В обеденное время 6 августа интернированные немецкие физики узнали о Хиросиме. Первой их реакцией было явное недоверие.
«Это невозможно», — сказали они.
В конце концов они ведь сами несколько лет работали над урановой проблемой и убедились, что получить атомную бомбу за такое короткое время почти невозможно. Так как же могли это сделать американцы? Это абсурд!
Один из них заявил:
«Это не может быть атомной бомбой. Вернее всего, это пропаганда.
Может быть, у американцев появилось какое — нибудь новое взрывчатое вещество или необыкновенно большая бомба, которую они решили именовать «атомной», но это далеко не то, что можно было бы назвать атомной бомбой. Это не имеет ничего общего с урановой проблемой».
Придя к такому заключению, немецкие ученые спокойно закончили свой обед и даже частично переварили его. Но в девять часов по радио были переданы новые, значительно более подробные сообщения, весьма вероятно, те самые, которые услышал и я во Франкфурте.
На десятерых немецких ученых эти сообщения произвели сокрушительное действие. Все их мировоззрение рухнуло. Одним ударом все их самомнение разлетелось в пух и прах. Незыблемая уверенность в своем научном превосходстве сменилась острым чувством отчаяния и пустоты. Если так, то вся их работа за последние шесть лет была проделана впустую; их надежды на блестящее будущее германской науки были не больше чем иллюзией!
Только один человек из всей их группы не был этим задет, по крайней мере лично, — фон Лауэ. Он был просто наблюдателем и не разделял мечтаний физиков о могуществе и об атомной бомбе. Все же остальные считали, что атомная бомба означала могущество не только страны, сумевшей разрешить данную проблему, но и самих физиков и их науки. Из всех десяти интернированных в этом английском имении фон Лауэ, по — видимому, единственный полностью осознал потрясающий эффект взрыва атомной бомбы над Хиросимой. Во всяком случае, фон Лауэ воспринял новости спокойно. Не то было с другими. Говорили горькие слова, спрашивали, почему они, немцы, не сумели добиться успеха. Представители более молодого поколения с гневом обращались к старшим, упрекая их в отсутствии проницательности, в том, что они бросили Германию в час ее нужды.

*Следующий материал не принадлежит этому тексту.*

//! One element of a payload, without its children.
ghost use Rattle.std.specs.Prelude.{IfOk};
ghost use Rattle.nc_payload.specs.inner.Reads.{IsOf, Owns, OwnsNamed, meaning};
ghost use Rattle.nc_protocol.specs.Payload.{reading_of};

use crate::PayloadFault;
use crate::attributes::{operation_of, place_of};
use crate::content::{Content, read_content};
use crate::earlier::Earlier;
use crate::elements::{Named, find_named};
use crate::faults::{inside, own_fault, unknown_cause};
use nc_message::Elem;
use nc_names::{Memory, Place};
use nc_protocol::{EditOperation, Position};
use nc_schema::Schema;
use std::alloc::Global;

/// An element that names a data node and has no fault of its own.
#[derive(Drop)]
pub(crate) struct Found {
    pub content: Content,
    pub within: Position,
    pub operation: EditOperation,
    pub place: Place,
}

/// The first fault of an element without those of its children, or what is found of it.
pub(crate) fn own(
    alloc: Global,
    schema: &Schema,
    at: &Position,
    earlier: &Earlier,
    elem: &Elem,
) -> Result<Found, PayloadFault>
    ensures { Owns (reading_of schema.now) at.now earlier.now elem.now result }
{
    match find_named(schema, at.parent, elem) {
        Some(named) => find_own(alloc, schema, at, earlier, named),
        None => Err(PayloadFault::Bad(unknown_cause(alloc, schema, &at.above, &elem.name)?)),
    }
}

// What there is to find of an element, whether it has a fault or not.
fn read_named(
    alloc: Global,
    schema: &Schema,
    at: &Position,
    named: Named<'_>,
) -> Result<Found, Memory>
    ensures { IfOk result (λ it. IsOf (reading_of schema.now) at.now (meaning named.entry) it) }
{
    let content = read_content(alloc, schema, at.under, named)?;
    let within = inside(at, &content, named)?;
    Ok(Found {
        content,
        within,
        operation: operation_of(at.under, &named.elem.attrs),
        place: place_of(alloc, schema, named)?,
    })
}

fn find_own(
    alloc: Global,
    schema: &Schema,
    at: &Position,
    earlier: &Earlier,
    named: Named<'_>,
) -> Result<Found, PayloadFault>
    ensures { OwnsNamed (reading_of schema.now) at.now earlier.now (meaning named.entry) result }
{
    let found = read_named(alloc, schema, at, named)?;
    if let Some(cause) = own_fault(
        alloc,
        schema,
        at,
        earlier,
        &found.within,
        &found.content,
        named,
    )? {
        return Err(PayloadFault::Bad(cause));
    }
    Ok(found)
}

Герлах расстроился больше всех. Он вел себя подобно потерпевшему поражение генералу. Он, «рейхсмаршал» ядерной физики, не сумел победить! Замечания более молодых ученых он воспринимал как критику именно в его адрес и несколько дней находился в состоянии глубокой депрессии. Коллеги всячески утешали и старались привести в равновесие расстроенного профессора.
Остальные оправились от истерики сами. Они проводили часы, обсуждая научные проблемы, связанные с бомбой, и пытались представить себе механизм ее действия. Но, несмотря на всю подробность радиосообщений, немецкие ученые были уверены в том, что мы сбросили на Хиросиму урановый котел. Неудивительно, что они были сбиты с толку. Конечно, для нас или для кого‑нибудь другого было бы очень большим достижением поднять в Еоздух и сбросить целый урановый котел; вряд ли когда‑нибудь удастся построить самолеты, способные выполнить такую задачу. Но если бы даже и был такой самолет, то все равно урановый котел никогда бы не смог быть бомбой. Он мог бы только шипеть и свистеть. Но немецкие специалисты не могли понять даже этого основного фактора.